During 2020 the Fosway Group conducted rapid research on the perceived impact of Covid-19 on learning and development. Responses from 108 companies opened up several critical areas for discussion.
The key findings were:
- 94% felt it necessary to change strategy around what they did and how they did it;
- Only 12% felt that learning and development would go back to what it was before the pandemic or were unsure of what the future would hold;
- The most successful support platform for learning and development during the pandemic was the virtual classroom;
- Delivery modes moved, with the most important being video, curated content, mobile and micro-learning;
- 4 out of 5 organisations saw increased demand for digital learning from senior management;
- A higher demand for digital learning was felt by 71% of organisations;
- 84% thought it was important to integrate corporate communication platforms such as MS Teams with digital learning provision.
Let’s look at the potential implications of these findings on the future landscape of learning and development.
1. Need to amend the strategy
Limits placed on socialising meant that both internal and external live classroom training ceased almost immediately once Covid was designated a worldwide pandemic. Mirroring the move from face to face meetings to online meetings, training also moved from the class to virtual collaboration platforms.
The move online explains the “what they did” part of the findings; the “how they did it” part required a significant re-think in the design and content of learning solutions. Virtual classes need a great deal of thought on ensuring participant engagement, equality of access and contribution, and ways of assessing the learning taking place.
Not every organisation had a robust digital strategy; those with a mature digital strategy could cope more effectively as base skills and policies were already in place.

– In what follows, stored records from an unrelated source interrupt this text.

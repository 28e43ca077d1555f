//! The call that places a predicate.
ghost use Rattle.std.specs.Prelude.{◌≡◌, ℕ, ◌<◌, ◌≤◌, length, MatchOption, slice_index};
ghost use Rattle.tray.specs.Calls.{place_checks, Places};
ghost use Rattle.tray.specs.Checks.{Checked};
ghost use Rattle.tray.specs.Memory.{SameMemory};

use crate::asked::Asked;
use crate::refusal::Refusal;
use crate::tray::Tray;
use books::{Book, Predicate};

// The first listed set that is not below the number of sets, by its place in the list.
fn first_missing(listed: &[u8], sets: u8) -> Option<usize>
    ensures { MatchOption result ((j : ℕ) → j < length listed.now → slice_index listed.now j < sets) (λ j. (j < length listed.now) × (sets ≤ slice_index listed.now j)) }
{
    listed.iter().position(|set| *set >= sets)
}

impl<'m, 's> Tray<'m, 's> {
    // The checks of place that come before exploring.
    fn may_place<B: Book>(
        &self,
        book: &B,
        predicate: Predicate,
        listed: &[u8],
        records: usize,
        links: usize,
    ) -> Result<(), Refusal>
        ensures { Checked (place_checks self.now.control.sets self.now.control.budget self.now.control.depth self.now.control.count records links (B.Book.size book.now) (B.Book.automaton book.now predicate).places predicate listed.now) result }
    {
        if self.lacks(records, links) {
            return Err(Refusal::NoMemory);
        }
        if predicate >= book.count() {
            return Err(Refusal::NoPredicate);
        }
        if listed.len() != usize::from(book.places(predicate)) {
            return Err(Refusal::WrongPlaces);
        }
        if first_missing(listed, self.control.sets).is_some() {
            return Err(Refusal::NoSet);
        }
        if self.control.count >= self.control.depth {
            return Err(Refusal::Full);
        }
        Ok(())
    }

    /// Puts predicate p of the book on the listed sets, in their order, on top; a set may be listed again. Answers how
    /// many states of the book were met, and how many were kept. Records and links are work memory.
    pub fn place<B: Book>(
        &mut self,
        book: &B,
        predicate: Predicate,
        listed: &[u8],
        records: &mut [u16],
        links: &mut [u16],
    ) -> Result<(usize, usize), Refusal>
        ensures places { Places (length records.old) (length links.old) (B.Book.size book.now) predicate (B.Book.automaton book.now predicate) (B.Book.holds book.now predicate) listed.now self.old.control self.old.tables.now self.new.control self.new.tables.now result }
        ensures owners { SameMemory self.old self.new }
    {
        self.may_place(book, predicate, listed, records.len(), links.len())?;
        let Tray {
            control,
            tables,
            spare,
        } = self;
        let kind = Asked {
            book,
            predicate,
            listed,
        };
        let held: &mut [u16] = tables;
        let work: &mut [u16] = spare;
        let counts = control.explore(&kind, control.budget, records, links, work)?;
        let next = control.count;
        Ok(control.land(held, work, next, counts))
    }
}
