//! The call that says of a set that it has exactly one member.
ghost use Rattle.std.specs.Prelude.{◌≡◌};
ghost use Rattle.tray.specs.Memory.{SameMemory};
ghost use Rattle.tray.specs.Calls.{Singles};

use crate::asked::Asked;
use crate::refusal::Refusal;
use crate::tray::Tray;
use books::Standard;

// No member, one, and more.
const STATES: usize = 3;

impl<'m, 's> Tray<'m, 's> {
    /// Puts "the set has exactly one member" on top. Three states are met and kept.
    pub fn single(&mut self, set: u8) -> Result<(usize, usize), Refusal>
        ensures singles { Singles set self.old.control self.old.tables.now self.new.control self.new.tables.now result }
        ensures owners { SameMemory self.old self.new }
    {
        let Tray {
            control,
            tables,
            spare,
        } = self;
        if set >= control.sets {
            return Err(Refusal::NoSet);
        }
        if control.count >= control.depth {
            return Err(Refusal::Full);
        }
        if control.budget < STATES {
            return Err(Refusal::TooManyStates);
        }
        let kind = Asked {
            book: &Standard,
            predicate: Standard::ONE,
            listed: &[set],
        };
        // Three states are all that are met, so that a few records and links of its own are enough.
        let held: &mut [u16] = tables;
        let work: &mut [u16] = spare;
        let counts = control.explore(&kind, STATES, &mut [0; 3], &mut [0; 24], work)?;
        let next = control.count;
        Ok(control.land(held, work, next, counts))
    }
}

A key message to take away is the importance of learning and development teams having a core strategy that is flexible enough to be amended as and when business dynamics change.
2. Future direction
Some organisations have certainty around how they see the future of learning and development. Confidence exists in those who have a base strategy in place, the skills needed to pivot their approach, and a business model already encompassing longer-term hybrid or remote working.

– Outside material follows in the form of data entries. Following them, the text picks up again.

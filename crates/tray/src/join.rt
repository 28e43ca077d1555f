//! The calls that make one table of two.
ghost use Rattle.std.specs.Prelude.{◌≡◌, ◌≤◌, length};
ghost use Rattle.tables.specs.declared.pairs.Join.TheVariants.{Both, Either};
ghost use Rattle.tray.specs.Calls.{join_checks, JoinsTables};
ghost use Rattle.tray.specs.Checks.{Checked};
ghost use Rattle.tray.specs.Memory.{SameMemory};

use crate::refusal::Refusal;
use crate::tray::Tray;
use tables::{Join, Pairs};

impl<'m, 's> Tray<'m, 's> {
    // The checks of both and either that come before exploring.
    fn may_join(&self, records: usize, links: usize) -> Result<(), Refusal>
        ensures { Checked (join_checks self.now.control.budget self.now.control.count records links) result }
    {
        if self.lacks(records, links) {
            return Err(Refusal::NoMemory);
        }
        if self.control.count < 2 {
            return Err(Refusal::TooFewTables);
        }
        Ok(())
    }

    // Makes one table of the two upper ones.
    fn join(
        &mut self,
        join: Join,
        records: &mut [(u16, u16)],
        links: &mut [u16],
    ) -> Result<(usize, usize), Refusal>
        ensures joins { JoinsTables join (length records.old) (length links.old) self.old.control self.old.tables.now self.new.control self.new.tables.now result }
        ensures owners { SameMemory self.old self.new }
    {
        self.may_join(records.len(), links.len())?;
        let Tray {
            control,
            tables,
            spare,
        } = self;
        let below = control.count - 2;
        let held: &mut [u16] = tables;
        let work: &mut [u16] = spare;
        let kind = Pairs {
            lower: control.rows(held, below),
            upper: control.rows(held, below + 1),
            join,
        };
        let counts = control.explore(&kind, control.budget, records, links, work)?;
        Ok(control.land(held, work, below, counts))
    }

    /// The two upper tables become one, which accepts a word when both do. Answers how many pairs of states were met,
    /// and how many states were kept. Records and links are work memory.
    pub fn both(
        &mut self,
        records: &mut [(u16, u16)],
        links: &mut [u16],
    ) -> Result<(usize, usize), Refusal>
        ensures joins { JoinsTables Both (length records.old) (length links.old) self.old.control self.old.tables.now self.new.control self.new.tables.now result }
        ensures owners { SameMemory self.old self.new }
    {
        self.join(Join::Both, records, links)
    }

    /// The two upper tables become one, which accepts a word when one at least does; otherwise as `both`.
    pub fn either(
        &mut self,
        records: &mut [(u16, u16)],
        links: &mut [u16],
    ) -> Result<(usize, usize), Refusal>
        ensures joins { JoinsTables Either (length records.old) (length links.old) self.old.control self.old.tables.now self.new.control self.new.tables.now result }
        ensures owners { SameMemory self.old self.new }
    {
        self.join(Join::Either, records, links)
    }
}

However, there are other organisations for whom the future was less clear. The research was completed in May 2020, and it would be interesting to see how this finding has changed over time. With the availability of vaccines and control policies, organisations are starting to reconsider readiness to move some learning and development interventions back into the classroom.
This finding is one area where the jury is still out on a final judgement of the directions organisations will choose. At a practical level, it’s clear that training is best done face to face in some cases, even if on the job.
3. The rise of the virtual classroom platform
Virtual classroom platforms such as Blackboard and Webex have been around for many years. The pandemic ushered in a new era of remote working, and the use of virtual platforms has expanded exponentially. Technologies such as Zoom and MS Teams took the lead for both meetings and education. Many organisations used these platforms to deliver virtual class sessions in place of live classes, and it was seen as the most supportive platform during the pandemic.
As trainers have become more comfortable with the technology, it’s fair to suggest that this form of delivery is likely to remain at a high level in future. One serious issue remains that could cloud the use of virtual classes, which is the question of design. Few organisations have had time to properly design effective learning solutions to suit the new delivery model, but solutions must be designed specifically for the virtual environment to be truly effective.
4. Changes in delivery modes
The assessment that video, curated content, mobile and micro-learning are the leading modes of delivery has supported a trend that has been in place for some time. Preference is towards learning in the flow of work, accessibility at any time, short and focused content, personalisation and engagement. These modes of delivery are likely to continue to be firm favourites in future.
5. Senior management support for digital learning
On the one hand, most learning and development leaders will be relieved that they no longer have to convince management of digital learning benefits; on the other hand, management had no choice when the pandemic hit.
Looking at this positively, we can hope that this experience has signaled a permanent change in perception and support for digital learning from the top. If so, senior-level support will secure budgets and help create an authentic learning culture.
6. Employee comfort with digital learning
Employees previously reticent to embrace digital learning had no other choice during the pandemic. Although some may still prefer the face to face option, many will likely continue to see digital learning as a support for their development and lifelong learning goals.
Critical to future success is adopting a strategy that focuses on learning in the flow of work. Learning professionals must broaden their role to support employee knowledge and development and introduce new areas of content. Examples of content shift during the pandemic have included the need for subjects such as working remotely, handling work/life balance, engaging in a remote environment, and managing a remote workforce.
7. Integration of learning and development solutions with the flow of work
As employees have become more familiar with regularly using technology for communication and learning, learning and development professionals have sometimes struggled to create a seamless experience.
Software companies have seen the rise in digital learning and capitalised by adding learning-specific features into their systems. The coming together of circumstances supports the drive towards improving employee experience via seamless access to information and technology. Finding ways to integrate learning and development with existing collaboration platforms is a natural step.
Further work is needed to support diversity and inclusion by looking at where learning and development can link to all employee life elements from recruitment to performance and retirement.
In summary, the learning and development profession has pivoted into a new reality. The pandemic has created challenges but also great opportunities. Many of the changes made will ensure that learning and development have a voice and can influence and guide decisions that create an impactful learning culture and drive their organisation to success.